# Cape Canaveral to Jensen Beach



## brooklyn fish (Sep 26, 2010)

I'll be somewhere from Cape Canaveral to Jensen Beach from January 16 to January 25. Need advice on where I can fish with a 7 foot rod. Are the piers at Cocoa Beach and Port Canaveral good at this time?

Where in the surf can you fish with a short rod and 12 or 17 pound test line? Is the jetty at Sebastian worth trying?

Thanks much.

Brooklyn Fish


----------



## goinfishing (Sep 10, 2013)

brooklyn fish said:


> I'll be somewhere from Cape Canaveral to Jensen Beach from January 16 to January 25. Need advice on where I can fish with a 7 foot rod. Are the piers at Cocoa Beach and Port Canaveral good at this time?
> 
> Where in the surf can you fish with a short rod and 12 or 17 pound test line? Is the jetty at Sebastian worth trying?
> 
> ...


Sebastian is always worth trying if you're down there. Melbourne Beach is a good stop too.

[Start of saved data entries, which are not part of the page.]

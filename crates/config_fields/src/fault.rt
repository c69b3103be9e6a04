//! What can be wrong with a configuration, and which of several faults is reported.
ghost use Rattle.std.specs.Prelude.{◌≡◌, IfOk, OnOk};
ghost use Rattle.config_fields.specs.Places.{field_place, item_place};
ghost use Rattle.config_fields.specs.Faults.{flaw_number, number_of, is_reported_over, better, placed};

use crate::place::{at_field, at_item};
use label_set::{Name, NoMemory};
use std::alloc::Global;

/// Why a text is no configuration, or no list of groups. A place is a JSON Pointer (RFC 6901).
#[derive(Drop, Debug)]
pub enum ConfFault {
    /// The bytes are no UTF-8, or no JSON, or nest more than 127 deep.
    NotJson,
    /// The value at the place is of another kind than its field asks for.
    Shape { place: Name },
    /// No such field is known.
    Unknown { place: Name },
    /// The field, which is required, is absent; the place is the one that it would have.
    Missing { place: Name },
    /// The field's value is of the right kind and refused.
    Value { place: Name },
    /// The first job whose name an earlier job has.
    TwiceNamed { job: Name },
    /// The list at the place has more items than the limit.
    TooMany { place: Name, limit: u64 },
    /// The pattern at the place is refused.
    Rule { place: Name },
}

/// What is wrong with a value, without its place: the fault of the same name.
#[derive(Clone, Copy, PartialEq, Eq, Debug)]
pub enum Flaw {
    Shape,
    Unknown,
    Missing,
    Value,
    TooMany(u64),
    Rule,
}

fn flaw_number(flaw: Flaw) -> u8
    ensures { result ≡ flaw_number flaw }
{
    match flaw {
        Flaw::Shape => 2,
        Flaw::Unknown => 3,
        Flaw::Missing => 4,
        Flaw::Value => 5,
        Flaw::TooMany(_) => 7,
        Flaw::Rule => 8,
    }
}

fn number_of(fault: &ConfFault) -> u8
    ensures { result ≡ number_of fault.now }
{
    match fault {
        ConfFault::NotJson => 1,
        ConfFault::Shape { .. } => 2,
        ConfFault::Unknown { .. } => 3,
        ConfFault::Missing { .. } => 4,
        ConfFault::Value { .. } => 5,
        ConfFault::TwiceNamed { .. } => 6,
        ConfFault::TooMany { .. } => 7,
        ConfFault::Rule { .. } => 8,
    }
}

/// Whether a fault of this number would be reported rather than the one found so far: it is the first, or its number is less.
pub fn is_reported_over(number: u8, found: &Option<ConfFault>) -> bool
    ensures { result ≡ is_reported_over number found.now }
{
    match found {
        None => true,
        Some(found) => number < number_of(found),
    }
}

fn placed(flaw: Flaw, place: Name) -> ConfFault
    ensures { result ≡ placed flaw place }
{
    match flaw {
        Flaw::Shape => ConfFault::Shape { place },
        Flaw::Unknown => ConfFault::Unknown { place },
        Flaw::Missing => ConfFault::Missing { place },
        Flaw::Value => ConfFault::Value { place },
        Flaw::TooMany(limit) => ConfFault::TooMany { place, limit },
        Flaw::Rule => ConfFault::Rule { place },
    }
}

/// Notes a flaw of the value at a place. The fault is made only where it is reported rather than the one found so far;
/// an error is out of memory for it.
pub fn note(
    alloc: Global,
    found: &mut Option<ConfFault>,
    flaw: Flaw,
    place: &str,
) -> Result<(), NoMemory>
    ensures { OnOk result (found.new ≡ better found.old (placed flaw place.now)) }
{
    if is_reported_over(flaw_number(flaw), found) {
        *found = Some(placed(flaw, Name::from_str(alloc, place)?));
    }
    Ok(())
}

/// Notes a flaw of a field of the object at a place, as `note` does.
pub fn note_field(
    alloc: Global,
    found: &mut Option<ConfFault>,
    flaw: Flaw,
    place: &str,
    key: &str,
) -> Result<(), NoMemory>
    ensures { OnOk result (found.new ≡ better found.old (placed flaw (field_place place.now key.now))) }
{
    if is_reported_over(flaw_number(flaw), found) {
        *found = Some(placed(flaw, at_field(alloc, place, key)?));
    }
    Ok(())
}

/// Notes a flaw of an item of the list at a place, as `note` does. Items are counted from 0.
pub fn note_item(
    alloc: Global,
    found: &mut Option<ConfFault>,
    flaw: Flaw,
    place: &str,
    index: usize,
) -> Result<(), NoMemory>
    ensures { OnOk result (found.new ≡ better found.old (placed flaw (item_place place.now index))) }
{
    if is_reported_over(flaw_number(flaw), found) {
        *found = Some(placed(flaw, at_item(alloc, place, index)?));
    }
    Ok(())
}
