//! The fields of each object, as a table ("Configuration" of the Prometheus documentation: configuration file, global, scrape_config,
//! relabel_config, static_config, file_sd_config).
ghost use Rattle.std.specs.Prelude.{◌≡◌};
ghost use Rattle.config_fields.specs.Tables as spec;

use crate::forms::{Kind, TextForm};
use rule_conf::Action;

/// What a field holds that has no further objects.
#[derive(Clone, Copy, Debug)]
pub enum Field {
    /// No such field is known.
    Unknown,
    /// A value without fields and items.
    Plain(Kind),
    /// A list of texts, refused where one isn't of the form.
    Texts(TextForm),
    /// An object of texts under label names.
    Labels,
    /// An object of lists of texts.
    Params,
}

/// A list of objects.
#[derive(Clone, Copy, PartialEq, Eq, Debug)]
pub enum ListKind {
    /// `relabel_configs` and `metric_relabel_configs`.
    Rules,
    /// The groups of `static_configs`.
    StaticGroups,
    /// The groups of a file.
    FileGroups,
    /// `file_sd_configs`.
    FileLists,
}

/// What a field of a job holds.
#[derive(Clone, Copy, Debug)]
pub enum JobField {
    /// A value that has no further objects.
    Plain(Field),
    /// A list of objects.
    List(ListKind),
}

/// What a field of the whole text holds.
#[derive(Clone, Copy, PartialEq, Eq, Debug)]
pub enum TopField {
    /// `global`.
    Global,
    /// `scrape_configs`.
    Jobs,
    /// Accepted and not read.
    PassedOver,
    /// No such field is known.
    Unknown,
}

/// An object whose fields hold no further objects.
#[derive(Clone, Copy, Debug)]
pub enum ObjectKind {
    /// `global`, with the interval that its timeout may not pass.
    Global(i64),
    /// One of `static_configs`, or of the list of a file.
    Group,
    /// One of `file_sd_configs`.
    FileList,
    /// A rule, with its action where it names one.
    Rule(Option<Action>),
}

/// A field that an object must have.
#[derive(Clone, Copy, PartialEq, Eq, Debug)]
pub enum Key {
    JobName,
    Files,
    Modulus,
    TargetLabel,
}

/// The required fields of an object that a walk hasn't come to, by rising key.
#[derive(Clone, Copy, PartialEq, Eq, Debug)]
pub struct Owed {
    pub first: Option<Key>,
    pub second: Option<Key>,
}

const fn text(form: TextForm) -> Field
    ensures { result ≡ spec.text form }
{
    Field::Plain(Kind::Text(form))
}

/// The six limits of a job.
#[tactic(auto, unfolding(crate::specs::Tables::is_limit_key))]
fn is_limit_key(key: &str) -> bool
    ensures { result ≡ spec.is_limit_key key.now }
{
    key == "sample_limit"
        || key == "label_limit"
        || key == "label_name_length_limit"
        || key == "label_value_length_limit"
        || key == "body_size_limit"
        || key == "target_limit"
}

/// `global`: its timeout may not pass its interval.
#[tactic(auto, unfolding(crate::specs::Tables::global_field))]
fn global_field(most: i64, key: &str) -> Field
    ensures { result ≡ spec.global_field most key.now }
{
    if key == "scrape_interval" {
        text(TextForm::Duration)
    } else if key == "scrape_timeout" {
        text(TextForm::Timeout(most))
    } else if is_limit_key(key) {
        Field::Plain(Kind::Limit)
    } else if key == "evaluation_interval" {
        Field::Plain(Kind::Any)
    } else if key == "external_labels" {
        Field::Plain(Kind::Any)
    } else if key == "query_log_file" {
        Field::Plain(Kind::Any)
    } else {
        Field::Unknown
    }
}

/// `static_configs`, and the list of a file.
#[tactic(auto, unfolding(crate::specs::Tables::group_field))]
fn group_field(key: &str) -> Field
    ensures { result ≡ spec.group_field key.now }
{
    if key == "targets" {
        Field::Texts(TextForm::Any)
    } else if key == "labels" {
        Field::Labels
    } else {
        Field::Unknown
    }
}

/// `file_sd_configs`.
#[tactic(auto, unfolding(crate::specs::Tables::file_list_field))]
fn file_list_field(key: &str) -> Field
    ensures { result ≡ spec.file_list_field key.now }
{
    if key == "files" {
        Field::Texts(TextForm::ShortName)
    } else if key == "refresh_interval" {
        text(TextForm::Duration)
    } else {
        Field::Unknown
    }
}

/// Whether an action sets or compares one label.
fn sets_one_label(action: Action) -> bool
    ensures { result ≡ spec.sets_one_label action }
{
    matches!(
        action,
        Action::HashMod
            | Action::Lowercase
            | Action::Uppercase
            | Action::KeepEqual
            | Action::DropEqual
    )
}

/// What a rule's `target_label` may be.
#[tactic(auto, unfolding(crate::specs::Tables::target_form))]
fn target_form(action: Option<Action>) -> TextForm
    ensures { result ≡ spec.target_form action }
{
    match action {
        None => TextForm::Any,
        Some(Action::Replace) => TextForm::Filled,
        Some(action) => {
            if sets_one_label(action) {
                TextForm::LabelName
            } else {
                TextForm::Any
            }
        }
    }
}

/// `relabel_configs` and `metric_relabel_configs`.
#[tactic(auto, unfolding(crate::specs::Tables::rule_field))]
fn rule_field(action: Option<Action>, key: &str) -> Field
    ensures { result ≡ spec.rule_field action key.now }
{
    if key == "source_labels" {
        Field::Texts(TextForm::LabelName)
    } else if key == "separator" {
        text(TextForm::Any)
    } else if key == "regex" {
        text(TextForm::Any)
    } else if key == "modulus" {
        Field::Plain(Kind::Modulus)
    } else if key == "target_label" {
        text(target_form(action))
    } else if key == "replacement" {
        text(TextForm::Any)
    } else if key == "action" {
        text(TextForm::Action)
    } else {
        Field::Unknown
    }
}

/// What the field of a key holds, in an object of a kind.
#[tactic(auto, unfolding(crate::specs::Tables::field_of))]
pub fn field_of(kind: ObjectKind, key: &str) -> Field
    ensures { result ≡ spec.field_of kind key.now }
{
    match kind {
        ObjectKind::Global(most) => global_field(most, key),
        ObjectKind::Group => group_field(key),
        ObjectKind::FileList => file_list_field(key),
        ObjectKind::Rule(action) => rule_field(action, key),
    }
}

/// A job's fields without further objects: its timeout may not pass its interval.
#[tactic(auto, unfolding(crate::specs::Tables::job_plain_field))]
fn job_plain_field(most: i64, key: &str) -> Field
    ensures { result ≡ spec.job_plain_field most key.now }
{
    if key == "job_name" {
        text(TextForm::ShortName)
    } else if key == "scrape_interval" {
        text(TextForm::Duration)
    } else if key == "scrape_timeout" {
        text(TextForm::Timeout(most))
    } else if key == "metrics_path" {
        text(TextForm::Any)
    } else if key == "scheme" {
        text(TextForm::Scheme)
    } else if key == "honor_labels" {
        Field::Plain(Kind::Truth)
    } else if key == "honor_timestamps" {
        Field::Plain(Kind::Truth)
    } else if key == "track_timestamps_staleness" {
        Field::Plain(Kind::Truth)
    } else if key == "extra_scrape_metrics" {
        Field::Plain(Kind::Truth)
    } else if key == "params" {
        Field::Params
    } else if is_limit_key(key) {
        Field::Plain(Kind::Limit)
    } else {
        Field::Unknown
    }
}

/// What the field of a key holds, in one of `scrape_configs` whose timeout may not pass `most` milliseconds.
#[tactic(auto, unfolding(crate::specs::Tables::job_field))]
pub fn job_field(most: i64, key: &str) -> JobField
    ensures { result ≡ spec.job_field most key.now }
{
    if key == "relabel_configs" {
        JobField::List(ListKind::Rules)
    } else if key == "metric_relabel_configs" {
        JobField::List(ListKind::Rules)
    } else if key == "static_configs" {
        JobField::List(ListKind::StaticGroups)
    } else if key == "file_sd_configs" {
        JobField::List(ListKind::FileLists)
    } else {
        JobField::Plain(job_plain_field(most, key))
    }
}

/// Fields of the whole text that are accepted and not read.
#[tactic(auto, unfolding(crate::specs::Tables::is_passed_over))]
fn is_passed_over(key: &str) -> bool
    ensures { result ≡ spec.is_passed_over key.now }
{
    key == "rule_files"
        || key == "alerting"
        || key == "remote_write"
        || key == "remote_read"
        || key == "storage"
        || key == "tracing"
}

/// What the field of a key holds, in the whole text.
#[tactic(auto, unfolding(crate::specs::Tables::top_field))]
pub fn top_field(key: &str) -> TopField
    ensures { result ≡ spec.top_field key.now }
{
    if key == "global" {
        TopField::Global
    } else if key == "scrape_configs" {
        TopField::Jobs
    } else if is_passed_over(key) {
        TopField::PassedOver
    } else {
        TopField::Unknown
    }
}

impl Key {
    /// How the field is spelled.
    #[tactic(auto, unfolding(crate::specs::Tables::key_text))]
    pub fn text(self) -> &'static str
        ensures { result.now ≡ spec.key_text self }
    {
        match self {
            Key::JobName => "job_name",
            Key::Files => "files",
            Key::Modulus => "modulus",
            Key::TargetLabel => "target_label",
        }
    }
}

fn where_needed(is_needed: bool, key: Key) -> Option<Key>
    ensures { result ≡ spec.where_needed is_needed key }
{
    if is_needed { Some(key) } else { None }
}

fn needs_modulus(action: Option<Action>) -> bool
    ensures { result ≡ spec.needs_modulus action }
{
    matches!(action, Some(Action::HashMod))
}

fn needs_target(action: Option<Action>) -> bool
    ensures { result ≡ spec.needs_target action }
{
    match action {
        None => false,
        Some(Action::Replace) => true,
        Some(action) => sets_one_label(action),
    }
}

/// The fields that an object of a kind must have, before a walk through it begins.
#[tactic(auto, unfolding(crate::specs::Tables::owed_by))]
pub fn owed_by(kind: ObjectKind) -> Owed
    ensures { result ≡ spec.owed_by kind }
{
    match kind {
        ObjectKind::Global(_) | ObjectKind::Group => Owed {
            first: None,
            second: None,
        },
        ObjectKind::FileList => Owed {
            first: Some(Key::Files),
            second: None,
        },
        ObjectKind::Rule(action) => Owed {
            first: where_needed(needs_modulus(action), Key::Modulus),
            second: where_needed(needs_target(action), Key::TargetLabel),
        },
    }
}
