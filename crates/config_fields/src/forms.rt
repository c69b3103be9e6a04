//! What the value of a field may be ("Configuration" of the Prometheus documentation).
ghost use Rattle.std.specs.Prelude.{◌≡◌, option_map, pos};
ghost use Rattle.std.specs.Str.{str_eq_ignore_ascii_case};
ghost use Rattle.serde_json.specs.View.{view, number_view};
ghost use Rattle.config_fields.specs.Forms as spec;

use crate::fault::Flaw;
use label_set::is_label_name;
use outside::{MOST_NAME_BYTES, is_scheme};
use rule_conf::Action;
use serde_json::{Number, Value};
use value_text::read_duration;

/// What a text of a field may be.
#[derive(Clone, Copy, Debug)]
pub enum TextForm {
    Any,
    /// A text that isn't empty.
    Filled,
    /// A text of 1 to 4,096 bytes.
    ShortName,
    LabelName,
    /// `http` or `https`.
    Scheme,
    /// The name of an action of relabelling, the letters of ASCII in any case.
    Action,
    /// A duration of at most 2^40 milliseconds.
    Duration,
    /// A duration of at most so many milliseconds.
    Timeout(i64),
}

/// What a value without fields and items may be.
#[derive(Clone, Copy, Debug)]
pub enum Kind {
    /// Any value, accepted and not read.
    Any,
    /// `true` or `false`.
    Truth,
    /// A whole number up to 2^52 - 1.
    Limit,
    /// A whole number from 1 to 2^64 - 1.
    Modulus,
    Text(TextForm),
}

/// The milliseconds of a duration of at most 2^40; none where the text is no such duration.
#[tactic(auto, unfolding(crate::specs::Forms::millis_of))]
pub fn millis_of(text: &str) -> Option<i64>
    ensures { result ≡ option_map (λ n. pos n) (spec.millis_of text.now) }
{
    read_duration(text).ok()
}

/// Whether a text is this name, the letters of ASCII in any case.
fn is_named(text: &str, name: &str) -> bool
    ensures { result ≡ str_eq_ignore_ascii_case text.now name.now }
{
    text.eq_ignore_ascii_case(name)
}

/// The action of a name, the letters of ASCII in any case; none where no action has the name.
#[tactic(auto, unfolding(crate::specs::Forms::action_of))]
pub fn action_of(text: &str) -> Option<Action>
    ensures { result ≡ spec.action_of text.now }
{
    if is_named(text, "replace") {
        Some(Action::Replace)
    } else if is_named(text, "keep") {
        Some(Action::Keep)
    } else if is_named(text, "drop") {
        Some(Action::Drop)
    } else if is_named(text, "keepequal") {
        Some(Action::KeepEqual)
    } else if is_named(text, "dropequal") {
        Some(Action::DropEqual)
    } else if is_named(text, "hashmod") {
        Some(Action::HashMod)
    } else if is_named(text, "labelmap") {
        Some(Action::LabelMap)
    } else if is_named(text, "labeldrop") {
        Some(Action::LabelDrop)
    } else if is_named(text, "labelkeep") {
        Some(Action::LabelKeep)
    } else if is_named(text, "lowercase") {
        Some(Action::Lowercase)
    } else if is_named(text, "uppercase") {
        Some(Action::Uppercase)
    } else {
        None
    }
}

#[tactic(auto, unfolding(crate::specs::Forms::is_short_name))]
fn is_short_name(text: &str) -> bool
    ensures { result ≡ spec.is_short_name text.now }
{
    1 <= text.len() && text.len() as u64 <= MOST_NAME_BYTES
}

#[tactic(auto, unfolding(crate::specs::Forms::is_within))]
fn is_within(most: i64, text: &str) -> bool
    ensures { result ≡ spec.is_within most text.now }
{
    match millis_of(text) {
        Some(millis) => millis <= most,
        None => false,
    }
}

#[tactic(auto, unfolding(crate::specs::Forms::is_limit))]
fn is_limit(number: &Number) -> bool
    ensures { result ≡ spec.is_limit (number_view number.now) }
{
    match number.as_u64() {
        Some(number) => number < 1 << 52,
        None => false,
    }
}

#[tactic(auto, unfolding(crate::specs::Forms::is_modulus))]
fn is_modulus(number: &Number) -> bool
    ensures { result ≡ spec.is_modulus (number_view number.now) }
{
    match number.as_u64() {
        Some(number) => 0 < number,
        None => false,
    }
}

/// Whether a text is of a form.
#[tactic(auto, unfolding(crate::specs::Forms::is_text_of))]
pub fn is_text_of(form: TextForm, text: &str) -> bool
    ensures { result ≡ spec.is_text_of form text.now }
{
    match form {
        TextForm::Any => true,
        TextForm::Filled => !text.is_empty(),
        TextForm::ShortName => is_short_name(text),
        TextForm::LabelName => is_label_name(text),
        TextForm::Scheme => is_scheme(text),
        TextForm::Action => action_of(text).is_some(),
        TextForm::Duration => millis_of(text).is_some(),
        TextForm::Timeout(most) => is_within(most, text),
    }
}

/// The flaw of a value that is of the right kind or not (`None`), and then allowed or not; none where it is allowed.
pub fn judged(is_allowed: Option<bool>) -> Option<Flaw>
    ensures { result ≡ spec.judged is_allowed }
{
    match is_allowed {
        None => Some(Flaw::Shape),
        Some(true) => None,
        Some(false) => Some(Flaw::Value),
    }
}

/// What is wrong with the value of a field of a kind; none where it is allowed.
#[tactic(auto, unfolding(crate::specs::Forms::flaw_of))]
pub fn flaw_of(kind: Kind, value: &Value) -> Option<Flaw>
    ensures { result ≡ spec.flaw_of kind (view value.now) }
{
    match kind {
        Kind::Any => None,
        Kind::Truth => judged(value.as_bool().map(|_| true)),
        Kind::Limit => judged(value.as_number().map(is_limit)),
        Kind::Modulus => judged(value.as_number().map(is_modulus)),
        Kind::Text(form) => judged(value.as_str().map(|text| is_text_of(form, text))),
    }
}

Not as familiar with Port Canaveral or Cocoa but there are other forums that have a lot more Florida specific info. Surffishingflorida.com is a start.


----------



## brooklyn fish (Sep 26, 2010)

goinfishing said:


> Sebastian is always worth trying if you're down there. Melbourne Beach is a good stop too. Not as familiar with Port Canaveral or Cocoa but there are other forums that have a lot more Florida specific info. Surffishingflorida.com is a start.


Thanks for the info. Will try Melbourne Beach and check the surf fishing website.

Brooklyn Fish


----------